Plug the dynamics into the stacked state and control sequence, we have:
$\underbrace{\begin{bmatrix}B_1&-I&0&\cdots\\&A&B&-I&0&\cdots\\&&A&B&-I&0&\cdots\\&&&\ddots&\ddots&\ddots\\&&&&A&B&-I\end{bmatrix}}_{\text{C matrix}}\underbrace{\begin{bmatrix}\boldsymbol{u}_1\\\boldsymbol{x}_2\\\boldsymbol{u}_2\\\vdots\\\boldsymbol{x}_N\end{bmatrix}}_{\text{z}}=\underbrace{\begin{bmatrix}-\boldsymbol{A}\boldsymbol{x}_1\\0\\0\\\vdots\\0\end{bmatrix}}_{\text{D matrix}}\tag{33}$

which can serve as the equality constraint for the quadratic programming problem.

To be more specific, the quadratic programming problem for LQR can be formulated as follows:

$\underset{\bm{z}}{\operatorname*{minimize}}\quad\frac{1}{2}\bm{z}^{T}\bm{H}\bm{z} \\ s.t.\quad \bm{C}\bm{z}=\bm{D}\tag{34}$

Then the Lagrangian of the QP will be:
$L(\bm{z},\bm{\lambda})=\frac{1}{2}\bm{z}^{T}\bm{H}\bm{z}+\bm{\lambda}^{T}(\bm{C}\bm{z}-\bm{D})\tag{35}$

whose KKT condition is:
$\begin{aligned} \frac{\partial L}{\partial \bm{z}}&=\bm{H}\bm{z}+\bm{C}^{T}\bm{\lambda}=0\\\frac{\partial L}{\partial\bm{\lambda}}&=\bm{C}\bm{z}-\bm{D}=0\tag{36} \end{aligned}$

The KKT condition Eq.36 can be organized as a linear system:
$\begin{bmatrix}H&C^T\\C&0\end{bmatrix}\begin{bmatrix}z\\\lambda\end{bmatrix}=\begin{bmatrix}0\\D\end{bmatrix}\tag{37}$
which can be solved analytically.

Beyond the analytically solution of the KKT condition, we can take a closer look at Eq.36, which is pretty sparse and has a block-tridiagonal structure.
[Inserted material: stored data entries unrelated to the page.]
//! An allocator that refuses chosen requests.
ghost use Rattle.std.specs.Prelude.{◌≡◌};

use super::requests::{Requests, Rule};
use std::alloc::{AllocError, Allocator};
use std::cell::Cell;

/// An allocator over another one, the backing, which refuses the requests that it is told to refuse.
///
/// A `&Refusing<Global>` is an allocator too, and `Copy`: give that to the code under test, and keep the value
/// itself to say what is refused. Each request for a block counts. Growing and shrinking a block are each a
/// request for a new one, since both are made of `allocate` and `deallocate` here. Giving a block back is no
/// request, and is never refused.
#[derive(Drop)]
pub struct Refusing<B: Allocator> {
    backing: B,
    requests: Cell<Requests>,
}

impl<B: Allocator> Refusing<B> {
    ghost use Rattle.trac_faults.specs.Memory.{backing_of};

    /// An allocator that accepts all requests until it is told otherwise. It needs no memory of its own.
    pub fn new(backing: B) -> Refusing<B>
        ensures { backing_of result ≡ backing }
    {
        Refusing {
            backing,
            requests: Cell::new(Requests::none()),
        }
    }

    /// Accepts all requests from now on.
    pub fn accept_all(&self) {
        self.requests
            .set(self.requests.get().under(Rule::AcceptAll));
    }

    /// Refuses every request from now on.
    pub fn refuse_all(&self) {
        self.requests
            .set(self.requests.get().under(Rule::RefuseAll));
    }

    /// Refuses the request of number `nth` from now, and accepts all others. 1 is the next one. At 0 it refuses none.
    pub fn refuse_nth(&self, nth: u64) {
        self.requests
            .set(self.requests.get().under(Rule::RefuseNth(nth)));
    }

    /// How many requests were made since `new`, the refused ones among them.
    pub fn requests(&self) -> u64 {
        self.requests.get().made
    }

    /// How many requests were refused since `new`. A request for which the backing has no memory is not among them.
    pub fn refusals(&self) -> u64 {
        self.requests.get().refused
    }
}

fn accepts(requests: &Cell<Requests>) -> bool {
    let mut now = requests.get();
    let accepted = now.accepts();
    requests.set(now);
    accepted
}

unsafe impl<B: Allocator> Allocator for Refusing<B> {
    ghost use Rattle.trac_faults.specs.Memory.{backing_of};

    ghost dealloc_token = { λ heap ty ptr. B.dealloc_token (backing_of heap) ty ptr };

    fn allocate(&self, size: usize, align: usize) -> Result<*mut u8, AllocError> {
        if !accepts(&self.requests) {
            return Err(AllocError);
        }
        self.backing.allocate(size, align)
    }

    unsafe fn deallocate(&self, ptr: *mut u8, size: usize, align: usize) {
        unsafe { self.backing.deallocate(ptr, size, align) };
    }
}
This structure can be exploited to solve the KKT condition efficiently.

To get started, we first expose the block-tridiagonal structure of the KKT condition Eq.36 as follows:
$\begin{matrix} \#1\\\#2\\\#3\\\#4\\\#5\\\#6\\\#7\\\#8\\\#9 \end{matrix} \left[\begin{array}{cccccc|ccc}\bm{R}&&&&&&\bm{B}^T&&\\&\bm{Q}&&&&&\bm{-I}&\bm{A}^T&\\&&\bm{R}&&&&&\bm{B}^T&\\&&&\bm{Q}&&&&\bm{-I}&A^T\\&&&&\bm{R}&&&&\bm{B}^T\\&&&&&\bm{Q_4}&&&\bm{-I}\\\hline \bm{B}&\bm{-I}&&&&&0&\cdots&0\\&\bm{A}&\bm{B}&\bm{-I}&&&\vdots&\ddots&\vdots\\&&&\bm{A}&\bm{B}&\bm{-I}&0&\cdots&0\end{array}\right]\begin{bmatrix}\bm{u}_1\\\bm{x}_2\\\bm{u}_2\\\bm{x}_3\\\bm{u}_3\\\bm{x}_4\\\hline\bm{\lambda}_2\\\bm{\lambda}_3\\\bm{\lambda}_4\end{bmatrix}=\begin{bmatrix}0\\0\\0\\0\\0\\0\\\hline-\bm{Ax}_1\\0\\0\end{bmatrix}\tag{38}$
(here we are just using four time steps as an example, the structure is the same for any number of time steps)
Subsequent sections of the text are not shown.